DATA.
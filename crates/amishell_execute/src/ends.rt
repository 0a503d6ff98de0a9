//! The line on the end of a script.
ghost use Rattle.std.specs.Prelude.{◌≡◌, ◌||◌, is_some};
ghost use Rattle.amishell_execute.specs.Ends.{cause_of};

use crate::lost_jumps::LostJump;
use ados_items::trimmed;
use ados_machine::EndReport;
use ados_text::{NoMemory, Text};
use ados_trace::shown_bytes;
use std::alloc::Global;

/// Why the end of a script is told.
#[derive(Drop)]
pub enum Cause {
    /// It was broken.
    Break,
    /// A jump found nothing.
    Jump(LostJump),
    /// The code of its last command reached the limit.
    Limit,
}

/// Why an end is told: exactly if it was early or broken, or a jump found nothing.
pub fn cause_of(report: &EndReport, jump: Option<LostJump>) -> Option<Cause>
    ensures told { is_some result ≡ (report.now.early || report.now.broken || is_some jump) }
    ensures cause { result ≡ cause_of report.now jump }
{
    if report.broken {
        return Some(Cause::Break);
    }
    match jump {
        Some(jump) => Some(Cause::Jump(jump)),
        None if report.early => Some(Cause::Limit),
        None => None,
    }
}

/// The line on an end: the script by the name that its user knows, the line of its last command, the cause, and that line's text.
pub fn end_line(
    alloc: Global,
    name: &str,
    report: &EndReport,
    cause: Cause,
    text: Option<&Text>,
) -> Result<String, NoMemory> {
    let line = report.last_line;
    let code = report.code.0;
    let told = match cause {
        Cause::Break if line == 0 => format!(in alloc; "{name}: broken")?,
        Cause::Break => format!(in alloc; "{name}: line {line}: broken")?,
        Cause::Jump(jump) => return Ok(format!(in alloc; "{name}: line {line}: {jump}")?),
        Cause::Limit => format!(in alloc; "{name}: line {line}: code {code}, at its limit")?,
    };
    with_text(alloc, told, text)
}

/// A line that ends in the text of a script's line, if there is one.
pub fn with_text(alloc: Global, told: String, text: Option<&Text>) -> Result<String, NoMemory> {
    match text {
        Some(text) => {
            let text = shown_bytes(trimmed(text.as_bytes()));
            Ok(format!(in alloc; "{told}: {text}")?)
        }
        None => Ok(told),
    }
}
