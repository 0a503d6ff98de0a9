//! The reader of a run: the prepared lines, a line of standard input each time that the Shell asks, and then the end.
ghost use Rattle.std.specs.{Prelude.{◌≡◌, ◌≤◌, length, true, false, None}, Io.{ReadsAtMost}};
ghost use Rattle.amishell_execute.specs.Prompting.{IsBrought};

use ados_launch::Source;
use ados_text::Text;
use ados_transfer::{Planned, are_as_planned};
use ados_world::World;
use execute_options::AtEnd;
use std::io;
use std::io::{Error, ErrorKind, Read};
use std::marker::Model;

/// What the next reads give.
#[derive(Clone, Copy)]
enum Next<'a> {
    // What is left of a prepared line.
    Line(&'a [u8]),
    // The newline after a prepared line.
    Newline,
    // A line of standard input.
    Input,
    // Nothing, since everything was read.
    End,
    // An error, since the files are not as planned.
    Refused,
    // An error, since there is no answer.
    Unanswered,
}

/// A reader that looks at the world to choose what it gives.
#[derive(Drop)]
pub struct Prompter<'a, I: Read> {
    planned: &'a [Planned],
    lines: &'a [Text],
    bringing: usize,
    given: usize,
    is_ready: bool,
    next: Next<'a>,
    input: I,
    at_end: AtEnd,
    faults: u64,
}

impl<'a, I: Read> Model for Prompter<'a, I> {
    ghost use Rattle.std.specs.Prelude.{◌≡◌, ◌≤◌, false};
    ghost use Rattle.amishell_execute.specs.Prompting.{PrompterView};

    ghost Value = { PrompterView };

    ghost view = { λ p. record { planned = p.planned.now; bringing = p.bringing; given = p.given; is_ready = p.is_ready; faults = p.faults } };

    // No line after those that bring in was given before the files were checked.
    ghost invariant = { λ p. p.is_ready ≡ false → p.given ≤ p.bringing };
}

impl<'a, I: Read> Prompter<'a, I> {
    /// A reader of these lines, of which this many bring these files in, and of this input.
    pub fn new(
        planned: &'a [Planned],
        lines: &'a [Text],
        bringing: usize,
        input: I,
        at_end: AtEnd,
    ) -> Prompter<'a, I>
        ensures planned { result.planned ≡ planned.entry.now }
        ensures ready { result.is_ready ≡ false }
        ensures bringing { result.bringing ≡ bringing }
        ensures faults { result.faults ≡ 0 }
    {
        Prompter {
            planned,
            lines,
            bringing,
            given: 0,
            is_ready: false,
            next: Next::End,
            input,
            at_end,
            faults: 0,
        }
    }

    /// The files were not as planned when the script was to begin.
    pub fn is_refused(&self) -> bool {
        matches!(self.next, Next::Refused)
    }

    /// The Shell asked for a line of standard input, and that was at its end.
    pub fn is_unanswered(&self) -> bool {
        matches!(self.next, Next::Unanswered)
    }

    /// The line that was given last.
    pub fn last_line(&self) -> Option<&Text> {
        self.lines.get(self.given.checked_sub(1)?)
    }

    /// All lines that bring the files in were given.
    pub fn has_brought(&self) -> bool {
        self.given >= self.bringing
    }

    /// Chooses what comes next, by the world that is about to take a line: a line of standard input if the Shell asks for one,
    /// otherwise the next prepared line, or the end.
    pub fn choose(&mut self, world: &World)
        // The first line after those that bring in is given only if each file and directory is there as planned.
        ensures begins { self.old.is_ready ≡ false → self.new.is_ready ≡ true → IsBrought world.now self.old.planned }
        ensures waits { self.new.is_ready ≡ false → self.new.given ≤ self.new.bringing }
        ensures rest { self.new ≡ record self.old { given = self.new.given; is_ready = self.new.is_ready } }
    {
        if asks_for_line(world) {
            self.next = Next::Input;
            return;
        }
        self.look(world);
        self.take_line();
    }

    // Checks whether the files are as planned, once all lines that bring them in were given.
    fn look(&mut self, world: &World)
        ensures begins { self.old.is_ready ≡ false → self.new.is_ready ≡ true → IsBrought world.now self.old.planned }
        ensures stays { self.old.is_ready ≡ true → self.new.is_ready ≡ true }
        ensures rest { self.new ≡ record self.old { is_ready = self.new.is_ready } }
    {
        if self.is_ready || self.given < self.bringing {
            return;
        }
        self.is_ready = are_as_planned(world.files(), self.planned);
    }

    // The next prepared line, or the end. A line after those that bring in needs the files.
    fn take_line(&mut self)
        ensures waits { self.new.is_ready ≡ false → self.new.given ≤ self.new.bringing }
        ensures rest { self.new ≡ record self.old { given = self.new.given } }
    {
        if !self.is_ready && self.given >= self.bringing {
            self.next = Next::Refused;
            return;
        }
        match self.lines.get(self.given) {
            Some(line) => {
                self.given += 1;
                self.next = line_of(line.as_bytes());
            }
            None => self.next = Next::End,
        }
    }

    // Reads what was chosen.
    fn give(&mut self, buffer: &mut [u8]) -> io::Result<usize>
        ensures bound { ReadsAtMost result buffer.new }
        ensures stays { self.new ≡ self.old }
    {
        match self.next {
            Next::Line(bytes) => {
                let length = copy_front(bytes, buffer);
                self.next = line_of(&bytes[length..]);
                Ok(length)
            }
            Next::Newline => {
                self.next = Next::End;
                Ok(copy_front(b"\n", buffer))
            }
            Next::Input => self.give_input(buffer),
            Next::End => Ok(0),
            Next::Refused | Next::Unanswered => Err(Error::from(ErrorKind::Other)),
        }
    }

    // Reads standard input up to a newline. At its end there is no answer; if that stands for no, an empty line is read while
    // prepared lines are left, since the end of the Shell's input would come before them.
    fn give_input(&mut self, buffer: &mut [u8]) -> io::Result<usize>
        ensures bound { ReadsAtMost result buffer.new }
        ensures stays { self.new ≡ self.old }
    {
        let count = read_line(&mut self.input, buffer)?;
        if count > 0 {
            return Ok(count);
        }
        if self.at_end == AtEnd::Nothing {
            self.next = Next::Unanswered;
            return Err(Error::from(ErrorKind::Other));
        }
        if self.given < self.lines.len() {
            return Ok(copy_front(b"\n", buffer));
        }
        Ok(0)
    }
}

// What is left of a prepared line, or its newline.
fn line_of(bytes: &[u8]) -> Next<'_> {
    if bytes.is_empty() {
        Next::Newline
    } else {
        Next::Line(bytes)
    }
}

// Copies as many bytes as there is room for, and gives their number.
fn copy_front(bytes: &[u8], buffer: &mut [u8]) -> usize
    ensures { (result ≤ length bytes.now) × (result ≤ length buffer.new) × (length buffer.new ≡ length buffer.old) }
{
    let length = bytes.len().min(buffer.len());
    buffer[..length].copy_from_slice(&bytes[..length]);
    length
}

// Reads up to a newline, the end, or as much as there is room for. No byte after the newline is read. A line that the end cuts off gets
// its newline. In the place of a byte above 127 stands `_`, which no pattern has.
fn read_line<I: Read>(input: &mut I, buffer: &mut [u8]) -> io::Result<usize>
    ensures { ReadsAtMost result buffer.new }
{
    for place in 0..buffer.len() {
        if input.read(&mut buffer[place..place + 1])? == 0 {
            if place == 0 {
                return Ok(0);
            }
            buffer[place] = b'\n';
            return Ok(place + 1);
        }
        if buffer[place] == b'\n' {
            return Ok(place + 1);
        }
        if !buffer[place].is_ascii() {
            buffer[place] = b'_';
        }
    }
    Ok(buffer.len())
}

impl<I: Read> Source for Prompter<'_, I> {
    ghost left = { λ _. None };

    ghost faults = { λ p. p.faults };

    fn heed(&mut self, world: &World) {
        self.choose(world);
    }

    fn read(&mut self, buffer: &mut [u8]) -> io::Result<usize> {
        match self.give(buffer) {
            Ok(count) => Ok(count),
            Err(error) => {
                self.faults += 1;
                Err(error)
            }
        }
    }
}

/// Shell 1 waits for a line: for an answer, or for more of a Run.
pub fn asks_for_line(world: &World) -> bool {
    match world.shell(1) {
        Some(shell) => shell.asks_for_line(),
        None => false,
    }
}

EXERCISE.
Scan the material above line by line and report how many lines contain the word "code", nothing further.

ANSWER SPACE.
3